━━ Material for this task
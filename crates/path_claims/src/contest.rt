//! The member that beats all others that claim a path, given which members beat which; and the
//! rivals that are reported if there is no such member. `src/owner.rt` uses both.
//! The rule is in `docs/commands.md`, "Files that several packages list": "the one that beats every
//! other owns it", and which two packages are reported if none does. A `Contest` says which member
//! beats which.

ghost use Rattle.std.specs.Prelude.{◌≡◌, ◌==◌, ◌||◌, ℕ, Bool, map};
ghost use Rattle.path_claims.specs.Contest.{IsAsymmetric, are_all_others_beaten_by, first_with_unbeaten_rival, member_beating_all_others};
ghost use Rattle.path_claims.specs.LeftOver.{last_unbeaten_member};

use crate::claim::Claim;

/// Which of two members beats the other. Members are given by their indexes.
pub trait Contest {
    // The test as a definition for contracts: whether the first member beats the second.
    ghost beats: { Self → ℕ → ℕ → Bool };

    /// Whether the first member beats the second.
    fn beats(&self, one: u32, other: u32) -> bool
        ensures { result ≡ Self.beats self.now one other };
}

/// The rivals that are reported for a path without an owner: two members that claim it.
#[derive(Clone, Copy)]
pub struct Rivals {
    /// The index of the first member that claims the path.
    pub first: u32,
    /// The index of the first other member that claims the path and that the first one does not
    /// beat.
    pub second: u32,
}

/// The only member that may beat all others. The pass begins with the member `first`, and goes
/// through the members of the claims: each one that the current member does not beat replaces it.
fn last_unbeaten_member<C: Contest>(contest: &C, first: u32, claims: &[Claim<'_>]) -> u32
    // The result is the last current member of this pass.
    ensures { result ≡ last_unbeaten_member (C.beats contest.now) first (map
        (λ c. c.member) claims.now) }
{
    let mut left = first;
    for claim in claims {
        if !contest.beats(left, claim.member) {
            left = claim.member;
        }
    }
    left
}

/// Whether the member `one` beats each other member of the claims, which are those of one path.
fn is_winner<C: Contest>(contest: &C, one: u32, claims: &[Claim<'_>]) -> bool
    ensures { result ≡ are_all_others_beaten_by (C.beats contest.now) (map
        (λ c. c.member) claims.now) one }
{
    for claim in claims {
        if !is_same_or_beaten(contest, one, claim.member) {
            return false;
        }
    }
    true
}

/// Whether the two members are the same, or the first beats the second.
fn is_same_or_beaten<C: Contest>(contest: &C, one: u32, other: u32) -> bool
    ensures { result ≡ ((one == other) || C.beats contest.now one other) }
{
    if one == other {
        return true;
    }
    contest.beats(one, other)
}

/// The member that beats every other member of the claims, if there is one. The claims are those of
/// one path. The contest is asked at most twice for each claim.
pub(crate) fn member_beating_all_others<C: Contest>(
    contest: &C,
    claims: &[Claim<'_>],
) -> Option<u32>
    // No two members beat each other, so only the last unbeaten member can beat all others.
    requires { IsAsymmetric (C.beats contest.now) }
    ensures { result ≡ member_beating_all_others (C.beats contest.now) (map
        (λ c. c.member) claims.now) }
{
    if claims.is_empty() {
        return None;
    }
    // One pass finds the only possible member, and a second one tests it.
    let left = last_unbeaten_member(contest, claims[0].member, &claims[1..]);
    if is_winner(contest, left, claims) {
        Some(left)
    } else {
        None
    }
}

/// The member of the first claim, and the first other member of the claims that it does not beat.
/// None if it beats all others, or without claims.
pub(crate) fn first_with_unbeaten_rival<C: Contest>(
    contest: &C,
    claims: &[Claim<'_>],
) -> Option<Rivals>
    // The result has these two members, or is None.
    ensures { result ≡ first_with_unbeaten_rival (C.beats contest.now) (map
        (λ c. c.member) claims.now) }
{
    if claims.is_empty() {
        return None;
    }
    let first = claims[0].member;
    for claim in claims {
        if !is_same_or_beaten(contest, first, claim.member) {
            let second = claim.member;
            return Some(Rivals { first, second });
        }
    }
    None
}
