/// A law: a configuration file that the user changed keeps its bytes, unless `--purge` is given and
/// no package lists its path after the change. An `.apk-new` file of an earlier change is replaced
/// if a new one is written.
pub fn configuration_that_the_user_changed_is_kept()
    ensures { (change : FileChange) (bytes_of : Listing → List ℕ) (records : DatabaseAndWorldAfter)
        (files : Files) (path bytes : List ℕ)
        → (change.purge ≡ false) ⊎ (is_listed_after_change change path ≡ true)
        → IsModifiedConfigFile change files path bytes
        → is_name_of_written_apk_new_file change files path ≡ false
        → is_old_or_new_database_or_world_name records path ≡ false
        → files_after_change change bytes_of records files path ≡ Some bytes }
{}

/// A law: a user's file that is kept, although no package lists its path after the change, is
/// unchanged.
pub fn what_is_kept_is_unchanged()
    ensures { (change : FileChange) (bytes_of : Listing → List ℕ) (records : DatabaseAndWorldAfter)
        (files : Files) (path : List ℕ) → is_left_over_modified_file_kept change files path ≡ true
        → is_old_or_new_database_or_world_name records path ≡ false
        → files_after_change change bytes_of records files path ≡ files path }
{}

/// A law: a name that no package listed before, and that no added package lists, has the same file
/// after the change as before, unless an `.apk-new` file is written under it.
pub fn a_name_that_nobody_lists_is_not_touched()
    ensures { (change : FileChange) (bytes_of : Listing → List ℕ) (records : DatabaseAndWorldAfter)
        (files : Files) (name : List ℕ) → was_listed change name ≡ false
        → is_added_path change name ≡ false
        → is_name_of_written_apk_new_file change files name ≡ false
        → is_old_or_new_database_or_world_name records name ≡ false
        → files_after_change change bytes_of records files name ≡ files name }
{}

// ---- the names

/// A law: each name that has a file after a change is present after the change, as the search for
/// clashes defines this.
pub fn the_files_after_a_change_are_under_its_names()
    ensures { (change : FileChange) (bytes_of : Listing → List ℕ) (records : DatabaseAndWorldAfter)
        (files : Files) (name : List ℕ)
        → is_some (files_after_change change bytes_of records files name) ≡ true
        → is_present_after_change (name_change change files) files name ≡ true }
{}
━━━━
[Exercise aim] Please give again the lines above between the line holding "files path ≡ false" and the line holding "clashes defines this.", inclusive, exactly as they are and with nothing added.

[Answer for this exercise]
        → is_name_of_written_apk_new_file change files path ≡ false
        → is_old_or_new_database_or_world_name records path ≡ false
        → files_after_change change bytes_of records files path ≡ Some bytes }
{}

/// A law: a user's file that is kept, although no package lists its path after the change, is
/// unchanged.
pub fn what_is_kept_is_unchanged()
    ensures { (change : FileChange) (bytes_of : Listing → List ℕ) (records : DatabaseAndWorldAfter)
        (files : Files) (path : List ℕ) → is_left_over_modified_file_kept change files path ≡ true
        → is_old_or_new_database_or_world_name records path ≡ false
        → files_after_change change bytes_of records files path ≡ files path }
{}

/// A law: a name that no package listed before, and that no added package lists, has the same file
/// after the change as before, unless an `.apk-new` file is written under it.
pub fn a_name_that_nobody_lists_is_not_touched()
    ensures { (change : FileChange) (bytes_of : Listing → List ℕ) (records : DatabaseAndWorldAfter)
        (files : Files) (name : List ℕ) → was_listed change name ≡ false
        → is_added_path change name ≡ false
        → is_name_of_written_apk_new_file change files name ≡ false
        → is_old_or_new_database_or_world_name records name ≡ false
        → files_after_change change bytes_of records files name ≡ files name }
{}

// ---- the names

/// A law: each name that has a file after a change is present after the change, as the search for
/// clashes defines this.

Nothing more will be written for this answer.